» **TASK DESCRIPTION**
Tally the lines below that hold the string "Global", and give only the tally.

» **DATA PROVIDED**

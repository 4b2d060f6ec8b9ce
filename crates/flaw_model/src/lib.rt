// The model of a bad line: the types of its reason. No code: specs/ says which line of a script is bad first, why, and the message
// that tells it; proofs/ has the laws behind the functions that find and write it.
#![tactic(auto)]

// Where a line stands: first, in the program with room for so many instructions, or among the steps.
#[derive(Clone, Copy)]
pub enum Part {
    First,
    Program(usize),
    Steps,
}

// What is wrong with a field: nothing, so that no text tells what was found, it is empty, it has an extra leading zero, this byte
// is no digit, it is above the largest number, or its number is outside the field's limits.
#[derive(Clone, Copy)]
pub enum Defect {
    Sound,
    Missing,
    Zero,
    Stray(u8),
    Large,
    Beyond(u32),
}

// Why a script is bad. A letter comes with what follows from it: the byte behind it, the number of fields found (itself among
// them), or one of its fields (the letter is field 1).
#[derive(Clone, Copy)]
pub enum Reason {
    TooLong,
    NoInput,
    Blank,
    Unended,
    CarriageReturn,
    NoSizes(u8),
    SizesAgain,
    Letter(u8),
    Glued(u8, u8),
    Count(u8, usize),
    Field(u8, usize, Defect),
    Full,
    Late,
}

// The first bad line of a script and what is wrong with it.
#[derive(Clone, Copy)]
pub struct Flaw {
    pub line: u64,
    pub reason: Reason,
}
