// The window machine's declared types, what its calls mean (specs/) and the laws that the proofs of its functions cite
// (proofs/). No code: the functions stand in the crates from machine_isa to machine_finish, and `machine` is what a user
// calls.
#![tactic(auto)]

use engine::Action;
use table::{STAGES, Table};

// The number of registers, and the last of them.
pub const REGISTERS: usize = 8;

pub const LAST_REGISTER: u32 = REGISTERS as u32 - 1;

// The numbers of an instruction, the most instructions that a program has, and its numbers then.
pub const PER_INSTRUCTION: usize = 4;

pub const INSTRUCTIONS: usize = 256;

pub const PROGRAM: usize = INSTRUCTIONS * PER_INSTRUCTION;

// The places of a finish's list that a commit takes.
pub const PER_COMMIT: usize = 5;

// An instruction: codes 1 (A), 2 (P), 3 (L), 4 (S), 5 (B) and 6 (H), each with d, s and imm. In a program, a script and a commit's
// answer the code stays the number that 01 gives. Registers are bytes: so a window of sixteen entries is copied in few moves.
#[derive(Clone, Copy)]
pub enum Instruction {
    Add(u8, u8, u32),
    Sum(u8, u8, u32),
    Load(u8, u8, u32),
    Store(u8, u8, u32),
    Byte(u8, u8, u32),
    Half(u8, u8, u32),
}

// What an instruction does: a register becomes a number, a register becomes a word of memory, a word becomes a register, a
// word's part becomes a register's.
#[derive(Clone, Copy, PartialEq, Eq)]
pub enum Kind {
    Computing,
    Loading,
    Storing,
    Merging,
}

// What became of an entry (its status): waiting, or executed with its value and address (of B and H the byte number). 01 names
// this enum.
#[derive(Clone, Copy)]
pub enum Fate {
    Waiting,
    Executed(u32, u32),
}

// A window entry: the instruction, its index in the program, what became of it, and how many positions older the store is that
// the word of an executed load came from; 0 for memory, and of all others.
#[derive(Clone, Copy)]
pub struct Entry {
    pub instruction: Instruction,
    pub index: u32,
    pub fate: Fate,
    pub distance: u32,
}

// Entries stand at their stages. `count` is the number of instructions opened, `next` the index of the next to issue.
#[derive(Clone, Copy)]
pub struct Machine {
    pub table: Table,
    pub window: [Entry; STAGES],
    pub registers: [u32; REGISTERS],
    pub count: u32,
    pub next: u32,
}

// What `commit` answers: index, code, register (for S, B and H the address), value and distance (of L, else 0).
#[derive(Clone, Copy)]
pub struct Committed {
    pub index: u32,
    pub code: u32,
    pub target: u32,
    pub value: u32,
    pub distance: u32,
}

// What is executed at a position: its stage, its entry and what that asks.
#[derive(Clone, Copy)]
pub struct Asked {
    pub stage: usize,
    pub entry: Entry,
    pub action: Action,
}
---
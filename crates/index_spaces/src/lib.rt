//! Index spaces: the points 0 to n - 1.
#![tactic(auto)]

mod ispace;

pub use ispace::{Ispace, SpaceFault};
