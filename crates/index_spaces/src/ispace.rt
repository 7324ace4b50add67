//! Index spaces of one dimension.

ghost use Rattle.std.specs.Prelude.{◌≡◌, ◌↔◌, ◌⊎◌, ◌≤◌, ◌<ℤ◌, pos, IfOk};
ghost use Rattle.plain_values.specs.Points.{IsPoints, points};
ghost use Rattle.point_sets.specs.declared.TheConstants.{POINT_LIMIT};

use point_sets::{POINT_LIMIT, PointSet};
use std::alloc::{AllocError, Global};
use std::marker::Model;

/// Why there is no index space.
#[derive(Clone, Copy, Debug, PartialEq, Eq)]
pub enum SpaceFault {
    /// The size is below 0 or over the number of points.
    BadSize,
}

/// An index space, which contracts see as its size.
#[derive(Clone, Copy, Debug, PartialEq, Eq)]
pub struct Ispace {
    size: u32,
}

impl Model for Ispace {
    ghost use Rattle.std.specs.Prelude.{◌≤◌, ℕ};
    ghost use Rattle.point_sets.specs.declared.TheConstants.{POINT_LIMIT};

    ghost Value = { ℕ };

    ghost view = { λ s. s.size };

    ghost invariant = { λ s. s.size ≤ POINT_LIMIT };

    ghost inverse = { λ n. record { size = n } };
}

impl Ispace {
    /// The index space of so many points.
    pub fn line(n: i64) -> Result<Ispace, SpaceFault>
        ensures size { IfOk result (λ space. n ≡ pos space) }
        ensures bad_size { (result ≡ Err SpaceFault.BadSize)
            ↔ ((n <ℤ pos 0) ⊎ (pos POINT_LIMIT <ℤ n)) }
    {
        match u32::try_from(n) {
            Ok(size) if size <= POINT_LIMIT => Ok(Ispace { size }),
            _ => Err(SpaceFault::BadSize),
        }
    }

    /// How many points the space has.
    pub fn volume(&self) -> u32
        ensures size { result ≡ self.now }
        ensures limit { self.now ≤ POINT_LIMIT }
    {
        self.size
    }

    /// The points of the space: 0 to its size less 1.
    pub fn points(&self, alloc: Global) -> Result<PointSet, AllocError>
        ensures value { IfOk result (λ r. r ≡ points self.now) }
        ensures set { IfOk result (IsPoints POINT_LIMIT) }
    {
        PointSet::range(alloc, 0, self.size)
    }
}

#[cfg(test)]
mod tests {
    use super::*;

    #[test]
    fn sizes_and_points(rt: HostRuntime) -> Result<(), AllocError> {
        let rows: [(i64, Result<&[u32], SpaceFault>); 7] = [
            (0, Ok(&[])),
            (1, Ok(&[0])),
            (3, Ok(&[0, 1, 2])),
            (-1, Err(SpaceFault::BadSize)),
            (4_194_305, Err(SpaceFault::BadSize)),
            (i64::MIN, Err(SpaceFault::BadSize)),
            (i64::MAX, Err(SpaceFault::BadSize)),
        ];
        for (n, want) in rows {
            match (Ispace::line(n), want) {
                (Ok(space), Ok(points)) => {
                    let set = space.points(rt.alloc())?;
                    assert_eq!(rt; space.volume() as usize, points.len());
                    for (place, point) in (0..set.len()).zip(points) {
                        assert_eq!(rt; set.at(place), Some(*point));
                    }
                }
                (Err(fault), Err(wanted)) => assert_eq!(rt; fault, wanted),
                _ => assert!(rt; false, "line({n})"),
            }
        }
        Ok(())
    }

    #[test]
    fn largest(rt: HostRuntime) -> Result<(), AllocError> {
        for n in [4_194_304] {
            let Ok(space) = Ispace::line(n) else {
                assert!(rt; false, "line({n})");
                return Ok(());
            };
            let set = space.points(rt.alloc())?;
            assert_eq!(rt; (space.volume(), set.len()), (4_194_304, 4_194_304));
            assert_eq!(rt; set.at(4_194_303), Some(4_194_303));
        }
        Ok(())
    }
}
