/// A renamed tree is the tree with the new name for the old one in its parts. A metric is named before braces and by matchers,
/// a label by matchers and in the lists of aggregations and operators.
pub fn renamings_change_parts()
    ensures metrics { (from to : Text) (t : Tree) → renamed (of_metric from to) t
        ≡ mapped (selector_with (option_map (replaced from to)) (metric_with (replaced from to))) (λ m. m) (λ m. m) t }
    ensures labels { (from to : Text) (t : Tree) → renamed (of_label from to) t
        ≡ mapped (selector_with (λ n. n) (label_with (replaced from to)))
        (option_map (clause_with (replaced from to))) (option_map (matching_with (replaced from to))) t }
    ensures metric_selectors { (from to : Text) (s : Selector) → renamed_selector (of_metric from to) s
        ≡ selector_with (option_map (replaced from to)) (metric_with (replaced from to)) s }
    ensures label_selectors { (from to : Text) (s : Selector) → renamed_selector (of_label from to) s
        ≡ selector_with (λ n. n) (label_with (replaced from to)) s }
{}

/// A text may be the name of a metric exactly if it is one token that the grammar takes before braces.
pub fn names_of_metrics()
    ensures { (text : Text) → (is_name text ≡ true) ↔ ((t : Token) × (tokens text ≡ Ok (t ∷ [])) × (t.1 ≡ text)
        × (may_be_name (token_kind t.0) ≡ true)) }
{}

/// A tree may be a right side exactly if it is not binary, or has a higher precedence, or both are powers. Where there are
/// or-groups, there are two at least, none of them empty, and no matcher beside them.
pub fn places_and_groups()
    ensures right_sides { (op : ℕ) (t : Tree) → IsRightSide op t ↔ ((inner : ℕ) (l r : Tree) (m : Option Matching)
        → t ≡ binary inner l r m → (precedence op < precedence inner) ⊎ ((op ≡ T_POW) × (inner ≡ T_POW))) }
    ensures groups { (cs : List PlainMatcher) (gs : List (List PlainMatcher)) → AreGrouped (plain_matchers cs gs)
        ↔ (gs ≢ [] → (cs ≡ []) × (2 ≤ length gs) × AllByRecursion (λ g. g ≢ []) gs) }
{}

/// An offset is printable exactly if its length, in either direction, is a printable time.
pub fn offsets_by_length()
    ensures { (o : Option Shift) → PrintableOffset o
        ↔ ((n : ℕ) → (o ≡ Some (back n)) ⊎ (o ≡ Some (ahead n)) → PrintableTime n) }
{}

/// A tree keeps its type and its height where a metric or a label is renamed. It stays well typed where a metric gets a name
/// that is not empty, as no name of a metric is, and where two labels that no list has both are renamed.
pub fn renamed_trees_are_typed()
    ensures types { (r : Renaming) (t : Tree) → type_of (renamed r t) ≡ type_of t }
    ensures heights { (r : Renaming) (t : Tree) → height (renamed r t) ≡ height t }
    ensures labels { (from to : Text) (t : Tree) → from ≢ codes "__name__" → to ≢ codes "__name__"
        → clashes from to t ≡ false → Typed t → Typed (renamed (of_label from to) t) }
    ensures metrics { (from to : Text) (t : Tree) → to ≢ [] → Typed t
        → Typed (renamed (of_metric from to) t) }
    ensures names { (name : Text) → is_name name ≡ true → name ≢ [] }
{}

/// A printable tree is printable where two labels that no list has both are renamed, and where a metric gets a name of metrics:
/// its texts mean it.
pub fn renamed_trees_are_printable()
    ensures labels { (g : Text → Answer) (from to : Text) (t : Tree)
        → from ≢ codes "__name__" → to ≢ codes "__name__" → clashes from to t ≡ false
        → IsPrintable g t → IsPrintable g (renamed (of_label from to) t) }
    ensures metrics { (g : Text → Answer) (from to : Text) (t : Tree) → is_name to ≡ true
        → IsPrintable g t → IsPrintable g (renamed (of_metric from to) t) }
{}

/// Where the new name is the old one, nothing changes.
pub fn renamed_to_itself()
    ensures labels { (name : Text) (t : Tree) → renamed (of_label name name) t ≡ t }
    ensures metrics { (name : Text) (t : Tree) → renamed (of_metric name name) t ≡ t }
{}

» **WRITTEN ANSWER**
2